他迷迷糊糊的伫立在原地,知道周通给他撒了什么,心里也有了阴暗的计较。
打吧,就这样头破血流让诺宁看看最好了,千年前,皇后最是心软了。
结果……王诺宁穿好衣服就在床上歪着,身上不爽利,半小时内压根没有出门。
故技重施,这招,没用。
夜澜被打的越来越靠近王诺宁的房间,耳朵贴在窗边听着,他甚至能听到诺宁说他属核桃的——欠锤……他不禁自嘲的笑了一下,都怪他太心急了,给自己整了个最难的开端,同时心中万分后悔刚刚没有惨叫出声,现在他头晕的再也站不起来了……不知道过了多久,夜澜身上有了一丝力气,但是有大量咸腥的的水灌入他的五官,肺里快要窒息的感觉,他睁开眼睛,发现自己身在水里,身体还在坠落,水深处视线受阻,西周昏暗。
来不及想清楚自己为何会在这,脑袋己经缺氧了,他撑着最后一丝心血往上游去,到水面挣扎着冒头呼吸两口气,隐约听到对话声——“爹,回去吧,他应该是淹死了。”

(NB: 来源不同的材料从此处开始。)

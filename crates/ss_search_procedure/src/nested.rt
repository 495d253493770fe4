// Nested splits: what is closed with one side of a decision at less depth makes the other side known.

ghost use Rattle.std.specs.Prelude.{◌≡◌, ◌⊎◌, List, true, false, None, IfOk, IfSome, OnOk, suc};
ghost use Rattle.std.specs.List.{Contains};
ghost use Rattle.ss_core.specs.Tree.{ClassTree};
ghost use Rattle.ss_logic.specs.Formulas.{Formula, neg};
ghost use Rattle.ss_terms.specs.Forms.{formula_at, HasFormula, IsBankOf};
ghost use Rattle.ss_search_procedure_rules.specs.Closed.{IsSaturated, StaysOpen};
ghost use Rattle.ss_search_reaching.specs.Reaching.{IsReaching};
ghost use Rattle.ss_search_procedure.specs.Decisions.{bank_of, decisions_of, reached_in, IsSetting, IsState, IsSide, GoesOn, IsUnknown, IsOpenDecision, IsTried, AreTried, ReachesBy, ClosesBy, IsLast};

use crate::setting::Settling;
use ss_deriv::Line;
use ss_search_reaching::Reaching;
use ss_terms::FormulaId;
use std::alloc::AllocError;

impl Settling<'_> {
    /// Whether a formula or its negation is reached.
    pub(crate) fn is_decided(&self, reaching: &Reaching, p: FormulaId) -> bool
        requires state { IsReaching self.now.given reaching.now }
        requires formula { HasFormula (bank_of self.now) p }
        ensures yes { result ≡ true → Contains (reached_in self.now reaching.now) (formula_at (bank_of self.now) p) ⊎ Contains (reached_in self.now reaching.now) (neg (formula_at (bank_of self.now) p)) }
        ensures no { result ≡ false → IsUnknown (reached_in self.now reaching.now) (formula_at (bank_of self.now) p) }
    {
        if reaching.reached.knows(self.given.bank, p) {
            return true;
        }
        let other = self.given.bank.negation(p);
        reaching.reached.knows(self.given.bank, other)
    }

    /// Makes known what follows by splits nested this deep. Lines that close the case at the end of the path; none where it is open.
    #[cycle(nested)]
    pub(crate) fn lower(
        &self,
        reaching: &mut Reaching,
        depth: usize,
    ) -> Result<Option<Vec<Line>>, AllocError>
        requires setting { IsSetting self.now }
        requires state { IsState self.now reaching.old }
        ensures goes_on { OnOk result (GoesOn self.now reaching.old reaching.new) }
        ensures stays_open { (cs : List ClassTree) → IsBankOf cs (bank_of self.now) → IfOk result (λ o. o ≡ None → StaysOpen cs depth (reached_in self.now reaching.new)) }
        ensures reaches { OnOk result (ReachesBy self.now reaching.old reaching.new) }
        ensures closes { IfOk result (λ o. IfSome o (λ v. ClosesBy self.now reaching.old reaching.new v.items)) }
    {
        if let Some(lines) = reaching.reach(&self.given)? {
            return Ok(Some(lines));
        }
        if depth == 0 {
            return Ok(None);
        }
        self.settle_decisions(reaching, depth - 1)
    }

    // Adds the negation of each decision that is closed at this depth, and what follows, until there is none.
    #[cycle(nested)]
    fn settle_decisions(
        &self,
        reaching: &mut Reaching,
        depth: usize,
    ) -> Result<Option<Vec<Line>>, AllocError>
        requires setting { IsSetting self.now }
        requires state { IsState self.now reaching.old }
        requires saturated { (cs : List ClassTree) → IsBankOf cs (bank_of self.now) → IsSaturated cs (reached_in self.now reaching.old) }
        ensures goes_on { OnOk result (GoesOn self.now reaching.old reaching.new) }
        ensures stays_open { (cs : List ClassTree) → IsBankOf cs (bank_of self.now) → IfOk result (λ o. o ≡ None → StaysOpen cs (suc depth) (reached_in self.now reaching.new)) }
        ensures reaches { OnOk result (ReachesBy self.now reaching.old reaching.new) }
        ensures closes { IfOk result (λ o. IfSome o (λ v. ClosesBy self.now reaching.old reaching.new v.items)) }
    {
        while let Some(p) = self.closed_decision(reaching, depth)? {
            let other = self.given.bank.negation(p);
            self.learn_last(reaching, other)?;
            if let Some(lines) = reaching.reach(&self.given)? {
                return Ok(Some(lines));
            }
        }
        Ok(None)
    }

    // A decision, or the negation of one, that is closed at this depth, where there is one. What denies it is the last fact then.
    #[cycle(nested)]
    fn closed_decision(
        &self,
        reaching: &mut Reaching,
        depth: usize,
    ) -> Result<Option<FormulaId>, AllocError>
        requires setting { IsSetting self.now }
        requires state { IsState self.now reaching.old }
        ensures goes_on { OnOk result (GoesOn self.now reaching.old reaching.new) }
        ensures same { OnOk result (reached_in self.now reaching.new ≡ reached_in self.now reaching.old) }
        ensures found { IfOk result (λ o. IfSome o (IsOpenDecision self.now reaching.old)) }
        ensures none { (cs : List ClassTree) → IsBankOf cs (bank_of self.now) → IfOk result (λ o. o ≡ None → (p : Formula) → Contains (decisions_of self.now) p → AreTried cs depth (reached_in self.now reaching.old) p) }
        ensures reaches { OnOk result (ReachesBy self.now reaching.old reaching.new) }
        ensures denied { IfOk result (λ o. IfSome o (λ p. IsLast (bank_of self.now) (neg (formula_at (bank_of self.now) p)) reaching.new.path)) }
    {
        for p in self.decisions {
            if self.is_closed(reaching, depth, *p)? {
                return Ok(Some(*p));
            }
            let other = self.given.bank.negation(*p);
            if self.is_closed(reaching, depth, other)? {
                return Ok(Some(other));
            }
        }
        Ok(None)
    }

    // Whether the formula, where it is reached too, is closed at this depth: then its negation is the last fact. Where it is reached or
    // denied already the answer is no.
    #[cycle(nested)]
    fn is_closed(
        &self,
        reaching: &mut Reaching,
        depth: usize,
        p: FormulaId,
    ) -> Result<bool, AllocError>
        requires setting { IsSetting self.now }
        requires state { IsState self.now reaching.old }
        requires formula { HasFormula (bank_of self.now) p }
        requires side { IsSide self.now (formula_at (bank_of self.now) p) }
        ensures goes_on { OnOk result (GoesOn self.now reaching.old reaching.new) }
        ensures same { OnOk result (reached_in self.now reaching.new ≡ reached_in self.now reaching.old) }
        ensures closed { IfOk result (λ closed. closed ≡ true → IsUnknown (reached_in self.now reaching.old) (formula_at (bank_of self.now) p)) }
        ensures tried { (cs : List ClassTree) → IsBankOf cs (bank_of self.now) → IfOk result (λ closed. closed ≡ false → IsTried cs depth (reached_in self.now reaching.old) (formula_at (bank_of self.now) p)) }
        ensures reaches { OnOk result (ReachesBy self.now reaching.old reaching.new) }
        ensures denied { IfOk result (λ closed. closed ≡ true → IsLast (bank_of self.now) (neg (formula_at (bank_of self.now) p)) reaching.new.path) }
    {
        if self.is_decided(reaching, p) {
            return Ok(false);
        }
        let marks = reaching.mark();
        self.suppose(reaching, p)?;
        match self.lower(reaching, depth)? {
            Some(lines) => {
                self.deny(reaching, marks, p, lines)?;
                Ok(true)
            }
            None => {
                self.take_back(reaching, marks, p);
                Ok(false)
            }
        }
    }
}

“不,他出来了,拿上刀子,快……”夜澜能听清这是周通和他亲生儿子周吕的声音,还没往岸边游几下,就被拿着刀子的周吕身体一跃扑过来。
夜澜又被沉入水里,身体还有蒙汗药的作用,又大量缺氧,不是周吕的对手,后背处很快挨了周吕一刀。
疼痛的作用,都不能让夜澜保留了一丝清醒。
他凭着战场上杀万万个敌人的本能,无意识的抢过周吕手里的刀子,挟住他脖颈,朝他脖子上抹去,霎时,有一串气泡升起。
夜澜想也没想朝着冒气、冒血的喉管嘬去,贪婪的汲取周吕胸腔里最后的空气……等到他恢复一些力气,放开周吕,开始向水面游去时。
周通看到湖面出来的是夜澜的身影,才察觉到不对,目眦欲裂,大声质问:“周吕呢?”
周通在看到水面涌出一股血水的时候,以为是夜澜,但没想到是这个贱种。
夜澜没有理会,继续往岸边游去,周通见他不答,心里有了不好的预感,“噗通——”跳水去寻子。
夜澜这才知道,趁他昏迷,被周通父子扔到村中湖里了……到了岸上,他回头望去,湖水轻轻翻滚,留下一圈圈涟漪,高悬天际的太阳,将湖面染成金色,撒满刺眼的碎光,为夜澜的身体轮廓镶上一道亮金。
看来,命运对他‘不薄’,哪怕重来,仍然让他众叛亲离。
他拖着湿漉漉的身体回周家后,混饿了一身干净的衣服,找到周通藏钱的地方,拿上家里的现金、身份证户口本,去了县城的医院。
夜澜在床上躺了好几天,也想了好几天。
前尘与往事。
纷至沓来。
千年前,在他还是一个不受宠、失去母妃的皇子之时,被太子捉弄,受尽欺凌,大冬日关在马厩深处的一个凄冷黑暗的房间里两天两夜。
太子想让他染一身粪香,被皇帝和夫子嫌恶,不敢靠近。
两日后到了太子大婚之日,早己忘记了帮他打开锁门,东宫处处洋溢着喜悦,张灯结彩、热闹非凡。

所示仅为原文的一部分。